A Linear Combination of Unitaries Decomposition for the Laplace Operator
- URL: http://arxiv.org/abs/2601.06370v1
- Date: Sat, 10 Jan 2026 00:54:39 GMT
- Title: A Linear Combination of Unitaries Decomposition for the Laplace Operator
- Authors: Thomas Hogancamp, Reuben Demirdjian, Daniel Gunlycke,
- Abstract summary: We provide novel linear combination of unitaries decompositions for a class of discrete elliptic differential operators.<n>The number of unitary terms required for our decomposition is independent of the number of grid points used in the discretization.<n>Explicit circuit constructions for each unitary are given and their complexities analyzed.
- Score: 0.0
- License: http://creativecommons.org/licenses/by/4.0/
- Abstract: We provide novel linear combination of unitaries decompositions for a class of discrete elliptic differential operators.
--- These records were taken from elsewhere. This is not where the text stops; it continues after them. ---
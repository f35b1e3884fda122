//! The parameters sheet, row by row.

ghost use Rattle.std.specs.Prelude.{◌≡◌, ◌≤◌, ◌*◌, ◌∷◌, ◌++◌, [], length, map, max, min, fold, sum_by, nat_lt, unwrap_or, None, Some, option_copied, OnOk};
ghost use Rattle.mdb_items.specs.Checks.{first_broken};
ghost use Rattle.mdb_items.specs.Texts.{place_of};
ghost use Rattle.mdb_items.specs.ParameterRows.{admits, degree, fits_coding, is_le, is_reference, referenced_number, parameter_checks, parameter_of, reach, referenced_calibrator};

use crate::name_index::NameIndex;
use mdb_items::calibration::{Calibration, Calibrator, PolyRow};
use mdb_items::parameter::{Coding, Parameter};
use mdb_items::rows::{ParameterRow, Reference};
use std::alloc::{AllocError, Global};
use text_forms::is_name;

fn is_le(coding: Coding) -> bool
    ensures { result ≡ is_le coding }
{
    matches!(coding, Coding::UintLe | Coding::IntLe)
}

fn fits_coding(coding: Option<Coding>, bits: Option<u8>) -> bool
    ensures { result ≡ fits_coding coding bits }
{
    let Some(coding) = coding else {
        return false;
    };
    let Some(bits) = bits else {
        return false;
    };
    1 <= bits && bits <= 64 && (!is_le(coding) || bits % 8 == 0)
}

/// The text names no item, or one of so many.
pub fn is_reference(count: usize, reference: Reference) -> bool
    ensures { result ≡ is_reference count reference }
{
    match reference {
        Reference::Nothing => true,
        Reference::Unknown => false,
        Reference::Known(number) => number < count,
    }
}

pub fn number_of(reference: Reference) -> Option<usize>
    ensures { result ≡ referenced_number reference }
{
    match reference {
        Reference::Nothing => None,
        Reference::Unknown => None,
        Reference::Known(number) => Some(number),
    }
}

fn calibrator_at(calibrations: &[Calibration], reference: Reference) -> Option<&Calibrator>
    ensures { option_copied result ≡ referenced_calibrator calibrations.now reference }
{
    match reference {
        Reference::Nothing => None,
        Reference::Unknown => None,
        Reference::Known(number) => match calibrations.get(number) {
            Some(calibration) => Some(&calibration.calibrator),
            None => None,
        },
    }
}

/// The greatest exponent.
fn degree(rows: &[PolyRow]) -> u8
    ensures { result ≡ degree rows.now }
{
    let mut degree = 0;
    for row in rows {
        degree = degree.max(row.exponent);
    }
    degree
}

/// How far a coefficient may carry a number of so many bits, in millionths.
fn reach(bits: u8, row: PolyRow) -> u128
    requires { bits * row.exponent ≤ 60 }
    ensures { result ≡ reach bits row }
{
    let power = 2u128.pow(bits as u32 * row.exponent as u32);
    row.millionths.unsigned_abs() as u128 * power
}

/// How far the coefficients may carry it together, at most the greatest number.
fn reach_of_all(bits: u8, rows: &[PolyRow]) -> u128
    requires { bits * degree rows.now ≤ 60 }
    ensures { result ≡ min (sum_by (reach bits) rows.now) 340282366920938463463374607431768211455 }
{
    let mut sum: u128 = 0;
    for row in rows {
        sum = sum.saturating_add(reach(bits, *row));
    }
    sum
}

/// The calibration may be that of a parameter of so many bits.
fn admits(bits: u8, calibrator: Option<&Calibrator>) -> bool
    ensures { result ≡ admits bits (option_copied calibrator.entry) }
{
    match calibrator {
        None => true,
        Some(Calibrator::Poly(rows)) => {
            let rows = rows.as_slice();
            bits as u32 * degree(rows) as u32 <= 60
                && reach_of_all(bits, rows) < 9223372036854775808
        }
        Some(Calibrator::Points(_)) => true,
        Some(Calibrator::Enum(_)) => true,
    }
}

/// The parameters of the rows so far, and their names.
#[derive(Drop)]
pub struct Parameters {
    pub names: NameIndex,
    pub items: Vec<Parameter>,
}

impl Parameters {
    pub fn new(alloc: Global) -> Parameters
        ensures none { result.items.items ≡ [] }
        ensures names { result.names ≡ [] }
    {
        Parameters {
            names: NameIndex::new(alloc),
            items: Vec::new(alloc),
        }
    }

    /// The first rule that a row breaks, below these rows.
    pub fn broken(&self, calibrations: &[Calibration], row: &ParameterRow) -> Option<u8>
        requires { self.now.names ≡ map (λ p. p.name) self.now.items.items }
        ensures { result ≡ first_broken (parameter_checks calibrations.now self.now.items.items row.now) }
    {
        if row.fields != 4 {
            return Some(2);
        }
        let name = row.name.as_bytes();
        if !is_name(name) {
            return Some(3);
        }
        if self.names.number(name).is_some() {
            return Some(5);
        }
        if row.coding.is_none() {
            return Some(11);
        }
        if !fits_coding(row.coding, row.bits) {
            return Some(12);
        }
        if !is_reference(calibrations.len(), row.calibration) {
            return Some(13);
        }
        if !admits(
            row.bits.unwrap_or(0),
            calibrator_at(calibrations, row.calibration),
        ) {
            return Some(14);
        }
        None
    }

    /// Adds a row that breaks no rule. After want of memory nothing is known of the parameters.
    pub fn add(&mut self, alloc: Global, row: ParameterRow) -> Result<(), AllocError>
        requires names { self.old.names ≡ map (λ p. p.name) self.old.items.items }
        requires fresh { place_of row.name self.old.names ≡ None }
        ensures added { OnOk result (self.new.items.items ≡ self.old.items.items ++ parameter_of row ∷ []) }
        ensures names { OnOk result (self.new.names ≡ map (λ p. p.name) self.new.items.items) }
    {
        self.names
            .add(Vec::from_slice(alloc, row.name.as_bytes())?)?;
        self.items.push(Parameter {
            name: row.name,
            coding: row.coding.unwrap_or(Coding::Uint),
            bits: row.bits.unwrap_or(0),
            calibration: number_of(row.calibration),
        })?;
        Ok(())
    }
}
Specifically, Poisson problems augmented with periodic, Dirichlet, Neumann, Robin, and mixed boundary conditions are considered on the unit interval and on higher-dimensional rectangular domains. The number of unitary terms required for our decomposition is independent of the number of grid points used in the discretization and scales linearly with the spatial dimension. Explicit circuit constructions for each unitary are given and their complexities analyzed. The worst case depth and elementary gate cost of any such circuit is shown to scale at most logarithmically with respect to number of grid points in the underlying discrete system. We also investigate the cost of using our method within the Variational Quantum Linear Solver algorithm and show favorable scaling. Finally, we extend the proposed decomposition technique to treat problems that include first-order derivative terms with variable coefficients.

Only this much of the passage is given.